━━━ Records for the task ━━━
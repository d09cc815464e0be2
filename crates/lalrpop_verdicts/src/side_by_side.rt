//! Whether tokens of two patterns may stand side by side: whether their join is cut as the two.
ghost use Rattle.std.specs.Prelude.{◌≡◌, ℕ, ◌<◌, ◌^◌, ◌↔◌, ◌++◌, ◌∷◌, List, [], Some, length, slice_get, IsSomeAnd, IsTrue, IfOk, IfSome, IfNone, OnOk};
ghost use Rattle.lalrpop_dfa.specs.Lookahead.{IsAccepting};
ghost use Rattle.lalrpop_dfa.specs.Witness.{IsLeast};
ghost use Rattle.lalrpop_verdicts.specs.Answers.{accepted_at, accepted_by};
ghost use Rattle.lalrpop_verdicts.specs.Beside.{IsKept, IsLeastPair, IsLost};
ghost use Rattle.lalrpop_verdicts.specs.Internal.Beside.{AreBeside, Fits, IsAhead, IsTail, row_ahead, shifted_row};
ghost use Rattle.lalrpop_verdicts.specs.Internal.Pairs.{ArePairs};
ghost use Rattle.lalrpop_verdicts.specs.declared.pairs.Follow.TheVariants.{All};

use crate::answer::accepted;
use crate::pairs::{Follow, Pair, pairs, word_to};
use crate::smallest::no_items;
use lalrpop_dfa::{Dfa, DfaStateIndex, Kind, NfaIndex, RowWriter};
use std::alloc::{AllocError, Global};
use std::marker::Model;

/// A token of one pattern, and a token of a second pattern right after it.
///
/// ```
/// if let Some(pair) = &joins.lost {
///     let length = pair.first.len(); // in characters
///     let second = pair.second.as_slice(); // the code values of its characters
/// }
/// ```
#[derive(Debug, Drop)]
pub struct TokenPair {
    /// The first token's text, by the code values of its characters; it is never empty.
    pub first: Vec<u32>,
    /// The second token's text; it is never empty either.
    pub second: Vec<u32>,
}

impl Model for TokenPair {
    ghost use Rattle.lalrpop_verdicts.specs.Beside.{TwoWords};

    ghost Value = { TwoWords };

    ghost view = { λ p. record { first = p.first.items; second = p.second.items } };
}

/// What becomes of the texts of two tokens, one of each of two patterns, with nothing between them.
///
/// Such tokens may always stand side by side if `lost` is `None`, and sometimes if `kept` is not.
///
/// ```
/// let joins = beside(alloc, &dfa, first, second)?;
/// let need_no_space = joins.lost.is_none();
/// let always_need_space = joins.kept.is_none();
/// ```
#[derive(Debug, Drop)]
pub struct Joins {
    /// The least pair whose join is cut as the two; `None` if there is none.
    pub kept: Option<TokenPair>,
    /// The least pair whose join isn't, since its first token is longer; `None` if there is none.
    pub lost: Option<TokenPair>,
}

/// Which joins are asked for.
#[derive(Clone, Copy, Drop)]
enum Cut {
    Kept,
    Lost,
}

impl Cut {
    // Whether a join is of these: one runs on past its first token if it came to an accepting state.
    fn fits(self, ahead: &Dfa, state: DfaStateIndex) -> bool
        ensures { IsTrue result ↔ Fits self (IsAccepting ahead.now state) }
    {
        match self {
            Cut::Kept => accepted(ahead, state).is_none(),
            Cut::Lost => accepted(ahead, state).is_some(),
        }
    }
}

/// Whether a token of the pattern `first` and one of `second` right after it are read as these two, and the least pair for which
/// they are, and for which they aren't. Of two pairs the less is the one with the lesser first token, and if these are equal, the
/// one with the lesser second token: a shorter text is less than a longer one, and of two of one length, the one with the lesser
/// character where they first differ.
///
/// The join is all of the text: what comes after the second token isn't looked at. If a pattern has no token, or isn't one of the
/// automaton's, there are no pairs at all.
///
/// Cost: at most two walks over the pairs of states for each state that accepts `first`; the memory of one such walk.
///
/// ```
/// // 0: `[0-9]+`, 1: `[0-9]+\.[0-9]+`
/// let joins = beside(alloc, &dfa, NfaIndex::new(0), NfaIndex::new(1))?;
/// let always = joins.lost.is_none(); // false: "0" and "0.0" make "00.0", which is one token
/// let sometimes = joins.kept.is_some(); // false
/// ```
///
/// # Errors
///
/// `AllocError` if a request for memory was refused.
pub fn beside(
    alloc: Global,
    dfa: &Dfa,
    first: NfaIndex,
    second: NfaIndex,
) -> Result<Joins, AllocError>
    ensures kept { IfOk result (λ joins.
        IfSome joins.kept (IsLeastPair (IsKept dfa.now first second))) }
    ensures never_kept { IfOk result (λ joins. IfNone joins.kept ((a b : List ℕ)
        → ¬ IsKept dfa.now first second a b)) }
    ensures lost { IfOk result (λ joins.
        IfSome joins.lost (IsLeastPair (IsLost dfa.now first second))) }
    ensures never_lost { IfOk result (λ joins. IfNone joins.lost ((a b : List ℕ)
        → ¬ IsLost dfa.now first second a b)) }
{
    let heads = pairs(alloc, dfa, dfa, Follow::All)?;
    Ok(Joins {
        kept: least_pair(alloc, dfa, &heads, first, second, Cut::Kept)?,
        lost: least_pair(alloc, dfa, &heads, first, second, Cut::Lost)?,
    })
}

// The least pair of tokens whose join is cut so. The heads are the automaton's states, in the order of their least words.
fn least_pair(
    alloc: Global,
    dfa: &Dfa,
    heads: &[Pair],
    first: NfaIndex,
    second: NfaIndex,
    cut: Cut,
) -> Result<Option<TokenPair>, AllocError>
    requires { ArePairs All dfa.now dfa.now heads.now }
    ensures least { IfOk result (λ found.
        IfSome found (IsLeastPair (AreBeside cut dfa.now first second))) }
    ensures none { IfOk result (λ found. IfNone found ((a b : List ℕ)
        → ¬ AreBeside cut dfa.now first second a b)) }
{
    for (number, head) in heads.iter().enumerate() {
        if accepts(dfa, head.left, first) {
            let ahead = automaton_ahead(alloc, dfa, head.left)?;
            if let Some(tail) = least_tail(alloc, dfa, &ahead, second, cut)? {
                return Ok(Some(TokenPair {
                    first: word_to(alloc, heads, number)?,
                    second: tail,
                }));
            }
        }
    }
    Ok(None)
}

// Whether the state accepts the pattern.
fn accepts(dfa: &Dfa, state: DfaStateIndex, pattern: NfaIndex) -> bool
    ensures { IsTrue result ↔ (accepted_at (slice_get dfa.now state) ≡ Some pattern) }
{
    match accepted(dfa, state) {
        Some(index) => index.index() == pattern.index(),
        None => false,
    }
}

// The least token of the pattern that is cut so after a token that leads to the state in which the automaton ahead begins.
fn least_tail(
    alloc: Global,
    dfa: &Dfa,
    ahead: &Dfa,
    second: NfaIndex,
    cut: Cut,
) -> Result<Option<Vec<u32>>, AllocError>
    ensures least { IfOk result
        (λ found. IfSome found (λ tail. (p : ℕ) → IsAhead dfa.now p ahead.now
        → IsLeast (IsTail cut dfa.now p second) tail.items)) }
    ensures none { IfOk result (λ found. IfNone found ((p : ℕ) → IsAhead dfa.now p ahead.now
        → (b : List ℕ) → ¬ IsTail cut dfa.now p second b)) }
{
    let pairs = pairs(alloc, ahead, dfa, Follow::All)?;
    for (number, pair) in pairs.iter().enumerate() {
        if cut.fits(ahead, pair.left) && accepts(dfa, pair.right, second) {
            return Ok(Some(word_to(alloc, &pairs, number)?));
        }
    }
    Ok(None)
}

// The automaton that begins in the state, and stays in the first accepting state that it comes to. The start is a state of its
// own, which accepts nothing, so that the token before isn't counted.
fn automaton_ahead(alloc: Global, dfa: &Dfa, state: DfaStateIndex) -> Result<Dfa, AllocError>
    requires { state < length dfa.now }
    ensures { IfOk result (IsAhead dfa.now state) }
{
    let mut rows = RowWriter::new(alloc);
    let count = dfa.states().len();
    write_shifted(alloc, dfa, state, &mut rows)?;
    for number in 0..count {
        write_ahead(alloc, dfa, DfaStateIndex::new(number), &mut rows)?;
    }
    Dfa::new(alloc, rows.into_rows())
}

// Writes the state's row. If the state accepts, each value leads to the state itself.
fn write_ahead(
    alloc: Global,
    dfa: &Dfa,
    state: DfaStateIndex,
    rows: &mut RowWriter,
) -> Result<(), AllocError>
    requires within { state < length dfa.now }
    requires small { length dfa.now < 2 ^ 64 }
    requires empty { rows.old.tests ≡ [] }
    ensures row { OnOk result (IsSomeAnd (slice_get dfa.now state) (λ r. rows.new.rows
        ≡ rows.old.rows ++ row_ahead state r (accepted_by r.kind) ∷ [])) }
    ensures empty { OnOk result (rows.new.tests ≡ []) }
{
    match accepted(dfa, state) {
        Some(pattern) => {
            let itself = DfaStateIndex::new(state.index() + 1);
            rows.end_row(no_items(alloc), Kind::Accepts(pattern), itself)
        }
        None => write_shifted(alloc, dfa, state, rows),
    }
}

// Writes the state's row as that of one that accepts nothing. Each edge leads one state further, since the start comes first.
fn write_shifted(
    alloc: Global,
    dfa: &Dfa,
    state: DfaStateIndex,
    rows: &mut RowWriter,
) -> Result<(), AllocError>
    requires within { state < length dfa.now }
    requires small { length dfa.now < 2 ^ 64 }
    requires empty { rows.old.tests ≡ [] }
    ensures row { OnOk result (IsSomeAnd (slice_get dfa.now state) (λ r. rows.new.rows
        ≡ rows.old.rows ++ shifted_row r ∷ [])) }
    ensures empty { OnOk result (rows.new.tests ≡ []) }
{
    for (test, target) in dfa.test_edges(state) {
        rows.add_edge(test.clone()?, DfaStateIndex::new(target.index() + 1))?;
    }
    let other = dfa.state(state).other_edge();
    rows.end_row(
        no_items(alloc),
        Kind::Neither,
        DfaStateIndex::new(other.index() + 1),
    )
}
━━━
Problem:
In the records, which lines use the word "bool"? Report them.

Written solution:
    fn fits(self, ahead: &Dfa, state: DfaStateIndex) -> bool
fn accepts(dfa: &Dfa, state: DfaStateIndex, pattern: NfaIndex) -> bool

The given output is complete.